GPU out of memory error on loss.backward() but plenty of memory available - ModelParallel

raybannerman · April 5, 2020, 3:51am

I am training models on large volumetric images with a batch size of 1, where a single example is 402 x 420 x 420 pixels (so I cannot make the batch size any smaller as I am already at a batch size of 1. I also cannot make the training examples any smaller.) I am using two NVIDIA Titan Xp GPUs. I have trained many models on this data set successfully.

However, over the past week I have gotten weird out of memory errors at loss.backward() for some models which are almost identical to other models I’ve run, except for a couple extra layers which add a tiny number of additional parameters relative to the overall model size.

Here is the error - Pytorch claims that it can’t allocate 1.41 GiB even though it also says there is plenty of free memory available:

When I put everything on GPU 0 and leave GPU 1 empty:
RuntimeError: CUDA out of memory. Tried to allocate 1.41 GiB (GPU 0; 11.91 GiB total capacity; 4.28 GiB already allocated; 6.42 GiB free; 675.20 MiB cached)

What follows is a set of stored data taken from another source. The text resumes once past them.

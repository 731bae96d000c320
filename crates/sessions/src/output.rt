//! The output of a command, as text.

use anyhow::Result;
use std::alloc::Global;

/// The output of a command.
pub struct Output {
    /// The exit status.
    pub status: u8,
    /// The bytes on standard output.
    pub out: Vec<u8>,
    /// The bytes on standard error.
    pub err: Vec<u8>,
}

impl Drop for Output {
    fn drop(self) {
        let Output { status, out, err } = self;
    }
}

impl Output {
    /// Returns the output of a command that prints nothing.
    pub fn nothing(alloc: Global) -> Output {
        Output {
            status: 0,
            out: Vec::new(alloc),
            err: Vec::new(alloc),
        }
    }

    /// Returns the output of a command that prints a text.
    pub fn printed(alloc: Global, text: String) -> Output {
        Output {
            status: 0,
            out: text.into_bytes(),
            err: Vec::new(alloc),
        }
    }

    /// Returns the output of a check: the status 0 for yes and 1 for no.
    pub fn answer(alloc: Global, is_so: bool) -> Output {
        Output {
            status: if is_so { 0 } else { 1 },
            out: Vec::new(alloc),
            err: Vec::new(alloc),
        }
    }

    /// Returns whether the two are equal in all parts.
    pub fn is(&self, other: &Output) -> bool {
        self.status == other.status && self.out == other.out && self.err == other.err
    }

    /// Returns the lines of a session: those of standard output, those of standard error, each
    /// after `! `, and a status other than 0 in brackets.
    pub(crate) fn lines(&self, alloc: Global) -> Result<Vec<String>> {
        let mut lines = Vec::new(alloc);
        push_lines(alloc, &mut lines, "", self.out.as_slice())?;
        push_lines(alloc, &mut lines, "! ", self.err.as_slice())?;
        let status = self.status;
        if status != 0 {
            lines.push(format!(in alloc; "[{status}]")?)?;
        }
        Ok(lines)
    }
}

fn push_lines(alloc: Global, lines: &mut Vec<String>, front: &str, bytes: &[u8]) -> Result<()> {
    let text = std::str::from_utf8(bytes)?;
    for line in text.lines() {
        lines.push(format!(in alloc; "{front}{line}")?)?;
    }
    if !text.is_empty() && !text.ends_with("\n") {
        lines.push(format!(in alloc; "{front}(no line feed)")?)?;
    }
    Ok(())
}
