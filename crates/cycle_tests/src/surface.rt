//! Calls the public functions of the workspace's crates that a verifier or a maker of test
//! repositories is built from, each with its parameters and its result type, and with ample memory.
//! If one of them changes, this crate doesn't compile or a test fails.
//!
//! A module for each crate: files (`meta`), states (`rolechain`), searches (`deleg`), boards
//! (`board`), workers (`crew`, `plan`), cycles (`cycle`) and made (`maker`). Those of the crates
//! below are in `file_tests`.

mod boards;
mod cycles;
mod files;
mod made;
mod repository;
mod searches;
mod states;
mod workers;
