//! The folder in which the cases are run.

use anyhow::{Result, ensure};
use std::alloc::Global;
use std::fs;

/// The folder of the cases.
pub const CASES: &str = "cases";

/// A name in a folder, and whether it is a folder's.
#[derive(Drop)]
struct Entry {
    name: String,
    is_folder: bool,
}

/// Returns the entries of a folder.
fn entries(rt: &HostRuntime, alloc: Global, folder: &str) -> Result<Vec<Entry>> {
    let mut entries = Vec::new(alloc);
    for entry in fs::read_dir(rt, folder)? {
        let entry = entry?;
        entries.push(Entry {
            name: String::from_str(alloc, entry.file_name())?,
            is_folder: entry.file_type()?.is_dir(),
        })?;
    }
    Ok(entries)
}

/// Fails if the folder contains anything but the cases, since all else is removed.
pub fn check(rt: &HostRuntime, alloc: Global) -> Result<()> {
    let entries = entries(rt, alloc, ".")?;
    ensure!(
        entries.iter().all(|entry| entry.name.as_str() == CASES),
        "the folder holds more than its folder cases"
    );
    Ok(())
}

/// Removes all but the cases.
pub fn clear(rt: &HostRuntime, alloc: Global) -> Result<()> {
    for entry in entries(rt, alloc, ".")? {
        remove(rt, &entry)?;
    }
    Ok(())
}

fn remove(rt: &HostRuntime, entry: &Entry) -> Result<()> {
    let name = entry.name.as_str();
    if entry.is_folder && name != CASES {
        fs::remove_dir_all(rt, name)?;
    } else if name != CASES {
        fs::remove_file(rt, name)?;
    }
    Ok(())
}

/// Returns the names of the files in the folder of the cases that have this ending, in order.
pub fn names(rt: &HostRuntime, alloc: Global, ending: &str) -> Result<Vec<String>> {
    let mut names = Vec::new(alloc);
    for Entry { name, .. } in entries(rt, alloc, CASES)? {
        if name.as_str().ends_with(ending) {
            names.push(name)?;
        }
    }
    names.sort()?;
    Ok(names)
}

When I use ModelParallel and put part of the model on GPU 0 and the other part on GPU 1 (in different ways):
RuntimeError: CUDA out of memory. Tried to allocate 1.41 GiB (GPU 1; 11.91 GiB total capacity; 4.27 GiB already allocated; 6.09 GiB free; 1016.44 MiB cached)
RuntimeError: CUDA out of memory. Tried to allocate 1.41 GiB (GPU 1; 11.91 GiB total capacity; 270.62 MiB already allocated; 11.09 GiB free; 3.38 MiB cached)

I am using torch.cuda.empty_cache(), and I have a fixed size input and I am using torch.backends.cudnn.benchmark = True
torch.backends.cudnn.enabled = True
(although the error occurs regardless of how I set these flags).

I read that perhaps this error can happen from memory fragmentation but I don’t know what I can do to resolve the problem and I also don’t know why the memory fragmentation would be so bad because the models where this error occurs are extremely similar to other models that don’t cause the error.

I’ve been trying everything I can to solve this problem. If anyone has suggestions about how to troubleshoot it, I would be very grateful.